Admittedly the '41-megapixel' claim has to be qualified - somewhat. The phone doesn't produce pure 41-megapixel shots as such, but rather 5-megapixel photos oversampled 7 times by different sensors.

The result is an image small enough to send around social networks and edit on your device, but at a quality unmatched by similar smartphone devices.

According to The Verge, the 808's images feature "virtually no noise".

The device also comes with a customised Carl Zeiss lens, 1080p video recording and "CD-quality" audio.

Unfortunately Finland's favourite mobile manufacturer has decided to pair the phone with its own Symbian Belle OS and not Windows Phone 7, which runs on most of its other current-generation devices.

That's a disappointment, since Symbian is a far less capable OS with a smaller selection of image editing and sharing apps.
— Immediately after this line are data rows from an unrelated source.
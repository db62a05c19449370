//! The lines of `capt diff`, in text and in JSON.
ghost use Rattle.cap_print.specs.Facts.{fact_in};
ghost use Rattle.std.specs.Prelude.{◌≡◌, ◌+◌, ◌≤◌, ◌++◌, ◌∷◌, [], ◌||◌, codes, if◌then◌else◌, length, None};
ghost use Rattle.cap_print.specs.Lines.{room_in, text_in};
ghost use Rattle.cap_print.specs.declared.forms.Form.TheVariants.{Json, Text};
ghost use Rattle.cap_commands.specs.DiffText.{before_side, cut_fact, data_place_in, difference_line, from_json};
ghost use Rattle.cap_commands.specs.DiffText.{no_side, row_start, same_line};
ghost use Rattle.cap_commands.specs.DiffText.{words_of};
ghost use Rattle.cap_commands.specs.inner.DiffWords.{quoted_if};

use crate::diff::{CutEnds, Differences};
use cap_print::{Form, Line, TimeForm};

// Puts a word if that is so.
fn prepend_if(line: &mut Line, is_so: bool, word: &[u8])
    requires { length word.now ≤ room_in line.old }
    ensures text { text_in line.new ≡ (if is_so then word.now else []) ++ text_in line.old }
    ensures room { room_in line.old ≤ room_in line.new + length word.now }
{
    if is_so {
        line.prepend_text(word);
    }
}

// Puts a word as a string if that is so, and a comma after it if another follows.
fn prepend_quoted(line: &mut Line, is_so: bool, word: &[u8], is_followed: bool)
    requires { length word.now + 3 ≤ room_in line.old }
    ensures text { text_in line.new ≡ quoted_if is_so word.now is_followed ++ text_in line.old }
    ensures room { room_in line.old ≤ room_in line.new + length word.now + 3 }
{
    if is_so {
        prepend_if(line, is_followed, b",");
        line.prepend_text(b"\"");
        line.prepend_text(word);
        line.prepend_text(b"\"");
    }
}

// Whether one of both is so.
fn either(first: bool, second: bool) -> bool
    ensures { result ≡ (first || second) }
{
    first || second
}

// Puts where the captured bytes differ, if they do.
fn put_place(line: &mut Line, form: Form, place: Option<usize>)
    requires { 31 ≤ room_in line.old }
    ensures text { text_in line.new ≡ data_place_in form place (text_in line.old) }
    ensures room { room_in line.old ≤ room_in line.new + 31 }
{
    if let Some(place) = place {
        line.put_number_as(form, b" at ", b"data_at", place as u64);
    }
}

// `differ packet N WORDS at PLACE`
fn differ_text(times: TimeForm, n: u64, it: Differences, place: Option<usize>) -> Line
    ensures { text_in result ≡ difference_line (Text times) n (words_of it) place }
{
    let mut line = Line::new();
    line.prepend_text(b"\n");
    put_place(&mut line, Form::Text(times), place);
    prepend_if(&mut line, it.bytes, b" data");
    prepend_if(&mut line, it.original, b" original");
    prepend_if(&mut line, it.captured, b" captured");
    prepend_if(&mut line, it.time, b" time");
    prepend_if(&mut line, it.link, b" link");
    line.prepend_field(b"differ packet ", n);
    line
}

// `{"type":"differ","packet":N,"differs":[WORDS],"data_at":PLACE}`
fn differ_json(times: TimeForm, n: u64, it: Differences, place: Option<usize>) -> Line
    ensures { text_in result ≡ difference_line (Json times) n (words_of it) place }
{
    let original = either(it.original, it.bytes);
    let captured = either(it.captured, original);
    let time = either(it.time, captured);
    let mut line = Line::new();
    line.prepend_text(b"}\n");
    put_place(&mut line, Form::Json(times), place);
    line.prepend_text(b"]");
    prepend_quoted(&mut line, it.bytes, b"data", false);
    prepend_quoted(&mut line, it.original, b"original", it.bytes);
    prepend_quoted(&mut line, it.captured, b"captured", original);
    prepend_quoted(&mut line, it.time, b"time", captured);
    prepend_quoted(&mut line, it.link, b"link", time);
    line.prepend_text(b",\"differs\":[");
    line.prepend_field(b"{\"type\":\"differ\",\"packet\":", n);
    line
}

/// The first line of two packets that differ, which have the number n, from 1, and whose captured bytes differ at that
/// place, if they do.
pub(crate) fn differ_line(form: Form, n: u64, it: Differences, place: Option<usize>) -> Line
    ensures { text_in result ≡ difference_line form n (words_of it) place }
{
    match form {
        Form::Text(times) => differ_text(times, n, it, place),
        Form::Json(times) => differ_json(times, n, it, place),
    }
}

/// The first line of a packet of one file that the other lacks, by its number, from 1.
pub(crate) fn end_line(form: Form, n: u64) -> Line
    ensures { text_in result ≡ difference_line form n (codes "end" ∷ []) None }
{
    let mut line = Line::new();
    match form {
        Form::Text(_) => {
            line.prepend_text(b" end\n");
            line.prepend_field(b"differ packet ", n);
        }
        Form::Json(_) => {
            line.prepend_text(b",\"differs\":[\"end\"]}\n");
            line.prepend_field(b"{\"type\":\"differ\",\"packet\":", n);
        }
    }
    line
}

// Puts whether a rest of a file was dropped, which is called so in text and in JSON.
fn put_cut(line: &mut Line, form: Form, label: &[u8], key: &[u8], cut: bool)
    requires label { length label.now ≤ room_in line.old }
    requires key { length key.now + 9 ≤ room_in line.old }
    requires shorter { length label.now ≤ length key.now + 9 }
    ensures text { text_in line.new ≡ fact_in form (cut_fact label.now key.now cut) (text_in line.old) }
    ensures room { room_in line.old ≤ room_in line.new + length key.now + 9 }
{
    match form {
        Form::Text(_) => prepend_if(line, cut, label),
        Form::Json(_) => line.put_flag(form, key, cut),
    }
}

/// The line of captures with the same packets, and whether a rest of each was dropped: `same packets N cut B`.
pub(crate) fn same_line(form: Form, n: u64, cuts: CutEnds) -> Line
    ensures { text_in result ≡ same_line form n cuts }
{
    let mut line = Line::end(form);
    put_cut(&mut line, form, b" cut B", b"cut_b", cuts.second.is_some());
    put_cut(&mut line, form, b" cut A", b"cut_a", cuts.first.is_some());
    line.put_number(form, b"packets", n);
    line.put_kind(form, b"same");
    line
}

/// The line in a form that a file has ended, and whether a rest of it was dropped.
pub(crate) fn no_packet_line(form: Form, cut: bool) -> Line
    ensures { text_in result ≡ no_side form cut }
{
    let mut line = Line::end(form);
    line.put_flag(form, b"cut", cut);
    line.prepend_text(match form {
        Form::Text(_) => b"end",
        Form::Json(_) => b"null",
    });
    line
}

/// The first byte of the row of 16 bytes that a place is in; 0 without a place.
pub(crate) fn row_start(place: Option<usize>) -> usize
    ensures { result ≡ row_start place }
{
    match place {
        None => 0,
        Some(place) => place / 16 * 16,
    }
}

// Puts in JSON from which byte on a packet's bytes are shown, if that isn't the first.
fn put_from(line: &mut Line, from: usize)
    requires { 33 ≤ room_in line.old }
    ensures text { text_in line.new ≡ from_json from (text_in line.old) }
    ensures room { room_in line.old ≤ room_in line.new + 33 }
{
    if from != 0 {
        line.prepend_field(b",\"data_from\":", from as u64);
    }
}

/// What stands before the packet of a file of that sign, whose bytes are shown from that byte on.
pub(crate) fn side_head(form: Form, sign: &[u8], from: usize) -> Line
    requires { length sign.now ≤ 400 }
    ensures { text_in result ≡ before_side form sign.now from }
{
    let mut line = Line::new();
    match form {
        Form::Text(_) => {
            line.prepend_text(b" ");
            line.prepend_text(sign);
        }
        Form::Json(_) => {
            line.prepend_text(b",\"packet\":");
            put_from(&mut line, from);
            line.prepend_text(b"\"");
            line.prepend_text(sign);
            line.prepend_text(b"{\"type\":\"side\",\"side\":\"");
        }
    }
    line
}
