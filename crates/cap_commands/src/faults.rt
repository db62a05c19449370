//! The line of a fault of a command.
ghost use Rattle.std.specs.Prelude.{◌≡◌, ◌≤◌, length};
ghost use Rattle.cap_print.specs.Lines.{text_in};
ghost use Rattle.cap_commands.specs.FaultText.{fault_text, read_text, refusal_text};

use cap_bytes::{Fault, Refusal};
use cap_print::Line;

// `refused: file 2 offset 24 rule 6 block-trailer`
fn refusal_line(refusal: &Refusal) -> Line
    ensures { text_in result ≡ refusal_text refusal.now }
{
    let mut line = Line::new();
    line.prepend_text(b"\n");
    line.prepend_text(refusal.rule.name().as_bytes());
    line.prepend_text(b" ");
    line.prepend_field(b" rule ", u64::from(refusal.rule.number()));
    line.prepend_field(b" offset ", refusal.offset);
    line.prepend_field(b"refused: file ", u64::from(refusal.file));
    line
}

// `fault: read file 1 offset 24`
fn read_line(file: u32, offset: u64) -> Line
    ensures { text_in result ≡ read_text file offset }
{
    let mut line = Line::new();
    line.prepend_text(b"\n");
    line.prepend_field(b" offset ", offset);
    line.prepend_field(b"fault: read file ", u64::from(file));
    line
}

// A line of that text alone.
fn short_line(text: &[u8]) -> Line
    requires { length text.now ≤ 512 }
    ensures { text_in result ≡ text.now }
{
    let mut line = Line::new();
    line.prepend_text(text);
    line
}

/// The line of a fault of a command, with its end: `refused: file I offset O rule R NAME`,
/// `fault: read file I offset O`, `fault: write` or `fault: memory`.
pub fn fault_line(fault: Fault) -> Line
    ensures { text_in result ≡ fault_text fault }
{
    match fault {
        Fault::Refused(refusal) => refusal_line(&refusal),
        Fault::Read { file, offset } => read_line(file, offset),
        Fault::Write => short_line(b"fault: write\n"),
        Fault::Memory => short_line(b"fault: memory\n"),
    }
}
Worse still, the phone also features a lo-res (640x480) screen, a bulky design and a single-core processor which reportedly lags even when scrolling basic apps.

Nevertheless if you're in the market for a cameraphone with more megapixels than is strictly necessary, this might be the phone for you.

Better still, Nokia says that its "reasonable to expect" other platforms to get similar cameras in future.

The Nokia 808 PureView will cost $605 (UK price TBA) and will be released in May.